Asymptomatic radial artery occlusion (RAO) is a major limitation of transradial catheterization(TRC). Two radial compression hemostatic devices are compared for their respective effects on RAO.
In a prospective, randomized, single center, blinded trial, 320 patients were randomly treated with a TR band (Terumo Corporation) or Safeguard Radial (Merit Medical). Institution wide protocols consisting of anticoagulation, patent hemostasis, duration of compression, and use of 6 French slender sheaths (Terumo Corporation) were observed. Patient discomfort related to the device was recorded using the universal pain scale. Radial artery patency was evaluated by reverse Barbeau's test prior to discharge (1-hour post-diagnostic catheterization or 6–24 hour post-intervention) and at 30-days.
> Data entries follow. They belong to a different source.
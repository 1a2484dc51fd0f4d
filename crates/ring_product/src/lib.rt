// The product of polynomials modulo X^n + 1 and q, by which the library multiplies: by transforms where that is faster and a root of
// X^n + 1 is found, and else by the plain method, in which every coefficient is a sum of n products of a factor by a stretch of a row,
// with one reduction at its end.
#![tactic(auto)]

pub mod root;

ghost use Rattle.std.specs.Prelude.{◌≡◌, ◌+◌, ◌-◌, ◌*◌, ◌%◌, ◌^◌, ◌≤◌, ◌<◌, length};
ghost use Rattle.codec.specs.Bytes.{put, zeros};
ghost use Rattle.ring.specs.Poly.{sum, turn, mul, Below};
ghost use Rattle.ring.specs.Slots.{poly, slot};
ghost use Rattle.ring.specs.Internal.{store};
ghost use Rattle.ring_product.specs.Internal.{Columns};

use crate::root::root;

// Coefficient j of the row from which every coefficient of a product by a is taken: a backwards, and then -a backwards.
fn mirrored(a: &[u8], j: usize, n: usize, q: u64) -> u64
    requires { (j < 2 * n) × (8 * n ≤ length a.now) × (q < 2 ^ 56) × Below q n (poly a.now) }
    ensures { result ≡ turn q n (poly a.now) (n - 1) j % q }
{
    if j < n {
        codec::read64(a, 8 * (n - 1 - j))
    } else {
        modular::negate(codec::read64(a, 8 * (2 * n - 1 - j)), q)
    }
}

// Writes that row of 2n coefficients into the first two slots of the room.
fn mirror(work: &mut [u8], room: usize, a: &[u8], n: usize, q: u64)
    requires { (room + 16 * n ≤ length work.old) × (8 * n ≤ length a.now) × (q < 2 ^ 56) × Below q n (poly a.now) }
    ensures { work.new ≡ store q (2 * n) work.old room (turn q n (poly a.now) (n - 1)) }
{
    for j in 0..2 * n {
        let v = mirrored(a, j, n, q);
        codec::write64(work, room + 8 * j, v);
    }
}

// What the digits of long sums are counted by, 2^28.
const BASE: u64 = 268435456;

// Sums of products by the digits of the factors to that base: low by low, low by high, high by high.
#[derive(Drop)]
struct Partial {
    lo: u64,
    mid: u64,
    hi: u64,
}

// The sums of at most 128 products of the coefficients from x on by those from y on.
fn block(w: &[u8], x: usize, y: usize, n: usize) -> Partial
    requires n_bound { (n ≤ 128) × (x + 8 * n ≤ length w.now) × (y + 8 * n ≤ length w.now) }
    requires below { Below (2 ^ 56) n (slot w.now x) × Below (2 ^ 56) n (slot w.now y) }
    ensures { Columns (slot w.now x) (slot w.now y) n result.lo result.mid result.hi }
{
    let mut lo: u64 = 0;
    let mut mid: u64 = 0;
    let mut hi: u64 = 0;
    for j in 0..n {
        let u = codec::read64(w, x + 8 * j);
        let v = codec::read64(w, y + 8 * j);
        let u0 = u % BASE;
        let u1 = u / BASE % BASE;
        let v0 = v % BASE;
        let v1 = v / BASE % BASE;
        lo += u0 * v0;
        mid += u0 * v1 + u1 * v0;
        hi += u1 * v1;
    }
    Partial { lo, mid, hi }
}

// The sum of n products modulo q: block by block, with the carries taken and one reduction at the end.
fn dot(w: &[u8], x: usize, y: usize, n: usize, q: u64) -> u64
    requires q_nonzero { (0 < q) × (q < 2 ^ 56) × (n ≤ 2048) × (x + 8 * n ≤ length w.now) × (y + 8 * n ≤ length w.now) }
    requires below { Below (2 ^ 56) n (slot w.now x) × Below (2 ^ 56) n (slot w.now y) }
    ensures { result ≡ sum n (λ i. slot w.now x i * slot w.now y i) % q }
{
    let mut d = [0u64; 4];
    for done in (0..n).step_by(128) {
        let m = (n - done).min(128);
        let b = block(w, x + 8 * done, y + 8 * done, m);
        let lo = d[0] + b.lo;
        let mid = d[1] + b.mid + lo / BASE;
        let hi = d[2] + b.hi + mid / BASE;
        d = [lo % BASE, mid % BASE, hi % BASE, d[3] + hi / BASE];
    }
    modular::from_digits(d[0], d[1], d[2], d[3], q)
}

// Fills the slot at `at` with the n coefficients of a product, from the row and the factor that stand in the room.
fn products(work: &mut [u8], at: usize, room: usize, n: usize, q: u64)
    requires { (0 < q) × (q < 2 ^ 56) × (n ≤ 2048) × (at + 8 * n ≤ room) × (room + 24 * n ≤ length work.old)
        × Below q (3 * n) (slot work.old room) }
    ensures { work.new ≡ store q n work.old at (λ k. sum n (λ i. slot work.old room (2 * n + i) * slot
        work.old room (n - 1 - k + i))) }
{
    for k in 0..n {
        let v = dot(work, room + 8 * (2 * n), room + 8 * (n - 1 - k), n, q);
        codec::write64(work, at + 8 * k, v);
    }
}

// Multiplies a slot by a lent polynomial modulo X^n + 1, by the plain method. The room has the length of three slots and lies behind the
// slot; it is zero afterwards.
pub fn plain(work: &mut [u8], at: usize, room: usize, a: &[u8], n: usize, q: u64)
    requires q_nonzero { (0 < q) × (q < 2 ^ 56) × (n ≤ 2048) × (at + 8 * n ≤ room) × (room + 24 * n ≤ length work.old)
        × (8 * n ≤ length a.now) }
    requires below { Below q n (slot work.old at) × Below q n (poly a.now) }
    ensures { work.new ≡ put (store q n work.old at (mul q n (slot work.old at)
        (poly a.now))) room (zeros (24 * n)) }
{
    mirror(work, room, a, n, q);
    ring::copy_slot(work, room + 16 * n, at, n);
    products(work, at, room, n, q);
    codec::wipe(&mut work[room..room + 24 * n]);
}

// Multiplies a slot by a lent polynomial modulo X^n + 1. The room has the length of three slots and lies behind the slot; it is zero
// afterwards. What the contract says is independent of the method.
pub fn multiply(work: &mut [u8], at: usize, room: usize, a: &[u8], n: usize, q: u64)
    requires q_nonzero { (0 < q) × (q < 2 ^ 56) × (n ≤ 2048) × (at + 8 * n ≤ room) × (room + 24 * n ≤ length work.old)
        × (8 * n ≤ length a.now) }
    requires below { Below q n (slot work.old at) × Below q n (poly a.now) }
    ensures { work.new ≡ put (store q n work.old at (mul q n (slot work.old at)
        (poly a.now))) room (zeros (24 * n)) }
{
    match root(n, q) {
        Some(w) => {
            ring_transform::multiply(work, at, room, a, n, w, q);
            codec::wipe(&mut work[room + 8 * n..room + 24 * n]);
        }
        None => plain(work, at, room, a, n, q),
    }
}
Of the 320 patients, 155 were randomized to the TR group (TRG) and 159 to the Safeguard group (SGG). 6 patients were excluded due to the inability to insert 6 Fr slender sheaths or patient withdrawing consent. Demographic and procedural characteristics were similar with the exception of the type of coronary procedure performed. Both bands were equally effective in achieving patent hemostasis. Despite having a higher rate of post-procedure hematoma(1.29% TRG vs. 3.1% SGG, p = 0.04) and acute RAO (3.8% TRG vs. 6.28% SGG, p = 0.05) with the Safeguard band, at 30 days RAO was similar in both groups (1.9% TRG vs. 2.5% SGG; p = 0.21). Patients in the SGG reported significantly less band discomfort and were found to require less air to achieve patent hemostasis.
Evidence-based contemporary TRC protocols of using smaller diameter access, anticoagulation, and use of just enough pressure for the shortest duration of time to achieve hemostasis is associated with very low RAO rate at 30 days irrespective of the radial compression device used.